Exercise objective: In the lines below, look for "gates". Copy each line where it appears.
##### Records for this exercise
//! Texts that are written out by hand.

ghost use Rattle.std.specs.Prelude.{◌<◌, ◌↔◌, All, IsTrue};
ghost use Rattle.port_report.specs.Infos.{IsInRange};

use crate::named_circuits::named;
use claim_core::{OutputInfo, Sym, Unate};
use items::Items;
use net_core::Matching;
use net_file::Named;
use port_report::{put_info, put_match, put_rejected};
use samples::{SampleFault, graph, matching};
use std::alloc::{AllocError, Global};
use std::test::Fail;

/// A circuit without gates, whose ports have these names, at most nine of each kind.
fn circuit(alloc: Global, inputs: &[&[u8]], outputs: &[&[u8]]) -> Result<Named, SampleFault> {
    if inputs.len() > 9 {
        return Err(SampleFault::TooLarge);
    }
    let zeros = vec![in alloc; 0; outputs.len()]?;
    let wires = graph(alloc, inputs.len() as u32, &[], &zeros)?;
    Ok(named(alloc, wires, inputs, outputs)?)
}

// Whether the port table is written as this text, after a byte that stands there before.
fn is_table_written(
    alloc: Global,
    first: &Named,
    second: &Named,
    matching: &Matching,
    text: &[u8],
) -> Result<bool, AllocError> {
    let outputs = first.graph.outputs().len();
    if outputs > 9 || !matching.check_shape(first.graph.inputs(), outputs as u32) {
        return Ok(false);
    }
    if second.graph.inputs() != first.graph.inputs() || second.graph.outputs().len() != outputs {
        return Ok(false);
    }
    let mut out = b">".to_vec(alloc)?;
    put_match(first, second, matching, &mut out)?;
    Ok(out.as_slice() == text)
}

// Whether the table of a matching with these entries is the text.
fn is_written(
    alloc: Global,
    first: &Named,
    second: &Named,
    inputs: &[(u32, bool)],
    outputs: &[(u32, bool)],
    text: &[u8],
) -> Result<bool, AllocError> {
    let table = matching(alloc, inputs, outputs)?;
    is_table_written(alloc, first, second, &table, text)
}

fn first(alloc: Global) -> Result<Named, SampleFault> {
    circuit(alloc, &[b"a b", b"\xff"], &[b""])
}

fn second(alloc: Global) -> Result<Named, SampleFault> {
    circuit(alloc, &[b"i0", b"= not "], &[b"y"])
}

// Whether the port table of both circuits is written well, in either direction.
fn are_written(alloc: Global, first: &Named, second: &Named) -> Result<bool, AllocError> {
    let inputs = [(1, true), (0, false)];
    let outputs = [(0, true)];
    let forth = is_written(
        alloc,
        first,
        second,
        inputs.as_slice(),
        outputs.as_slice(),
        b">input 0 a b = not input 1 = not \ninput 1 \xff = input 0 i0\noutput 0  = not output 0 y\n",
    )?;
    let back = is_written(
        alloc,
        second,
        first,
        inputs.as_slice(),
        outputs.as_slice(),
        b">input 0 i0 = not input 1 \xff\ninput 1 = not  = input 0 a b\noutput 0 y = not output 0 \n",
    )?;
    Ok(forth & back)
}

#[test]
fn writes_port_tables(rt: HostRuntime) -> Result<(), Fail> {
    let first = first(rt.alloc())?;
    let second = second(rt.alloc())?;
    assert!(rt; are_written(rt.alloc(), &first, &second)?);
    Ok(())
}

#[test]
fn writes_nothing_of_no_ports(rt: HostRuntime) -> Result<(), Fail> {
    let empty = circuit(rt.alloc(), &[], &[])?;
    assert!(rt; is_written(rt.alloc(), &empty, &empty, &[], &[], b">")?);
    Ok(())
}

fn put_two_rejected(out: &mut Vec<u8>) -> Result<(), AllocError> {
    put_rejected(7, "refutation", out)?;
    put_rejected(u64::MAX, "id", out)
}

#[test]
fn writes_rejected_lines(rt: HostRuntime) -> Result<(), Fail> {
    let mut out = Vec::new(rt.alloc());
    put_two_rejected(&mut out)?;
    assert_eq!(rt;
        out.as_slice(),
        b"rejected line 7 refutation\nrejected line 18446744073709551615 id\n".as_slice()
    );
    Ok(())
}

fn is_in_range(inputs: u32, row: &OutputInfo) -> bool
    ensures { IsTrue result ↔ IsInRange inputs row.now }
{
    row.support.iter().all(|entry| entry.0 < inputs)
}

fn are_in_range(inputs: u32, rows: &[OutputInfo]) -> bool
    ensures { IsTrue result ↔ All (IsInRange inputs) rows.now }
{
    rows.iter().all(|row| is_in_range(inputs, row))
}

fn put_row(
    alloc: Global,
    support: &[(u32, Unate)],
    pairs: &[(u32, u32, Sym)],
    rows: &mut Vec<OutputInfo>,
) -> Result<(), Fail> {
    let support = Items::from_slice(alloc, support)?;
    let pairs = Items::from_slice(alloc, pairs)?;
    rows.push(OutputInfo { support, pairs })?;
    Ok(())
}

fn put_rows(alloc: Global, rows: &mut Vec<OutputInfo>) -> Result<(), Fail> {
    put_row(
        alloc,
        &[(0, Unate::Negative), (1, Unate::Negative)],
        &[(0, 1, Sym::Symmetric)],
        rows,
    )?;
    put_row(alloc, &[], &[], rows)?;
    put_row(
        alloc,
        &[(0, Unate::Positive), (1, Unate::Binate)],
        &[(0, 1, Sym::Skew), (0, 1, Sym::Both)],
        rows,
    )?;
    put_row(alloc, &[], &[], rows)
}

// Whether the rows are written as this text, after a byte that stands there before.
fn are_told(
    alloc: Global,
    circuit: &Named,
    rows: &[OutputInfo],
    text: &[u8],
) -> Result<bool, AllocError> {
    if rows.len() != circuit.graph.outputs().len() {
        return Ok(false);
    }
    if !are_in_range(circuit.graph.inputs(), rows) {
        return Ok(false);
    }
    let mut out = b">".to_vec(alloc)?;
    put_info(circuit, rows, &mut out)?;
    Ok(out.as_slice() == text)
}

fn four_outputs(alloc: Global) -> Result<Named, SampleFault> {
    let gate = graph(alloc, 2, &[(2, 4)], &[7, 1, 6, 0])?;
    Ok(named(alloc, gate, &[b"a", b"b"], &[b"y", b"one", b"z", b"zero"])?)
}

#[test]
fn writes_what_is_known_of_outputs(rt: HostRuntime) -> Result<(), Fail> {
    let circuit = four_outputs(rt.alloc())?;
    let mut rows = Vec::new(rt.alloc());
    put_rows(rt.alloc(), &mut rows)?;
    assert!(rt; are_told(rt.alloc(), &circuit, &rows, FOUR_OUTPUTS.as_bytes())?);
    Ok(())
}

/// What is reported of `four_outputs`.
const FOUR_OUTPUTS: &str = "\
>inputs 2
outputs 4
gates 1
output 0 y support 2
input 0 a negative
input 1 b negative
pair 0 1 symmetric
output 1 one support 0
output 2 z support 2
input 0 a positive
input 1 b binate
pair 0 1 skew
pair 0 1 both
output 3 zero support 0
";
##########
##### Records for this exercise
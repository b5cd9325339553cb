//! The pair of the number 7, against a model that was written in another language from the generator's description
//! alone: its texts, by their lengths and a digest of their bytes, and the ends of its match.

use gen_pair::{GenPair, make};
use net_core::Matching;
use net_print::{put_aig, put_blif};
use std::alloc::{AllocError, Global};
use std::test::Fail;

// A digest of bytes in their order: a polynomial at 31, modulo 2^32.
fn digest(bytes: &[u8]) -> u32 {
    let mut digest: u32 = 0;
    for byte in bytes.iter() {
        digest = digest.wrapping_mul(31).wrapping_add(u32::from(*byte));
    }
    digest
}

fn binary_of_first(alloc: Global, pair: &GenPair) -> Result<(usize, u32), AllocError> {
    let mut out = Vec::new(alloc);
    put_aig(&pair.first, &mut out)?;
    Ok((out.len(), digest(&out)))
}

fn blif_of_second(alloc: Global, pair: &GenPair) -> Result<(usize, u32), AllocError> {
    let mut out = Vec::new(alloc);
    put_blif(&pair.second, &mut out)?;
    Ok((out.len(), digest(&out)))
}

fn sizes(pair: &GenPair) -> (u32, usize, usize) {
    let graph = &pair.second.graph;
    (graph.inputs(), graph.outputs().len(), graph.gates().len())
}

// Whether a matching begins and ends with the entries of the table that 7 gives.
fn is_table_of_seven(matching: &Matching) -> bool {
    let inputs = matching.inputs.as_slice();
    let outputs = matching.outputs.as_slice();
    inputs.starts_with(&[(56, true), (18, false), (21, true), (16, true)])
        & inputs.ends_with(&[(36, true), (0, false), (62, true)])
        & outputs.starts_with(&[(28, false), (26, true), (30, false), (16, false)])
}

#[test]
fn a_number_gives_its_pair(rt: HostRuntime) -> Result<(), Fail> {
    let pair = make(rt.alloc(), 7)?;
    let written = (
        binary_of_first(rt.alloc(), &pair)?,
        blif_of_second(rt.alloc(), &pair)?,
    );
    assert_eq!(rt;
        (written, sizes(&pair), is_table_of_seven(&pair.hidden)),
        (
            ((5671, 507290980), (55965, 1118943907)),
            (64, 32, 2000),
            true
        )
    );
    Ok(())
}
##########
##### Records for this exercise
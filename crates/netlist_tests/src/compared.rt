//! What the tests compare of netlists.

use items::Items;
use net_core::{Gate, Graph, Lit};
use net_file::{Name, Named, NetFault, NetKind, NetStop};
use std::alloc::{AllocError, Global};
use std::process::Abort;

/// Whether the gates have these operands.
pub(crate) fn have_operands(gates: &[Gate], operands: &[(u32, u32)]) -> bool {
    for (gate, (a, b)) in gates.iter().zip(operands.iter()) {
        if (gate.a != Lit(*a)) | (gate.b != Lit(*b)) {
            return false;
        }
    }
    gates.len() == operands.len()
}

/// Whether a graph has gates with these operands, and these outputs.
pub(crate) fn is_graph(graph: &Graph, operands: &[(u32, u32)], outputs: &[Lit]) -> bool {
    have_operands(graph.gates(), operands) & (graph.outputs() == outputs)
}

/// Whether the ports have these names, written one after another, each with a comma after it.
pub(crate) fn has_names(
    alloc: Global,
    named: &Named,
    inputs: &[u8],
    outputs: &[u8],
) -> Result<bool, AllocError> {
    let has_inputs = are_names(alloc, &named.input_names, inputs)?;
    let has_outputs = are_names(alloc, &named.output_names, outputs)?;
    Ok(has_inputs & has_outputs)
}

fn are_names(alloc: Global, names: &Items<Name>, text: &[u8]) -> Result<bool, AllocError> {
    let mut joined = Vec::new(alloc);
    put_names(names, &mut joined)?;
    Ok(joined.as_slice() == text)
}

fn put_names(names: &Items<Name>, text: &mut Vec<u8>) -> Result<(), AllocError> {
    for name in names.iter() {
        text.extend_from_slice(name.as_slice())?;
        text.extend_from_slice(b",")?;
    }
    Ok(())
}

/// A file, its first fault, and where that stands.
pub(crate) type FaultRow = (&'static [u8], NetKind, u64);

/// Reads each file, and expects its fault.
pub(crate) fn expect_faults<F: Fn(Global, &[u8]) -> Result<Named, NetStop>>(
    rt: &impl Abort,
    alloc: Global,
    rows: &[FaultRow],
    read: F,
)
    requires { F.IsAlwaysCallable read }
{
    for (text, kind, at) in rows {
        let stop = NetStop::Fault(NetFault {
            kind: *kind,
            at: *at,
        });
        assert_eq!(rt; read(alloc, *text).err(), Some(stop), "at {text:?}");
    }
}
##########
Your solution:
/// A circuit without gates, whose ports have these names, at most nine of each kind.
gates 1
    (graph.inputs(), graph.outputs().len(), graph.gates().len())
/// Whether the gates have these operands.
pub(crate) fn have_operands(gates: &[Gate], operands: &[(u32, u32)]) -> bool {
    for (gate, (a, b)) in gates.iter().zip(operands.iter()) {
    gates.len() == operands.len()
/// Whether a graph has gates with these operands, and these outputs.
    have_operands(graph.gates(), operands) & (graph.outputs() == outputs)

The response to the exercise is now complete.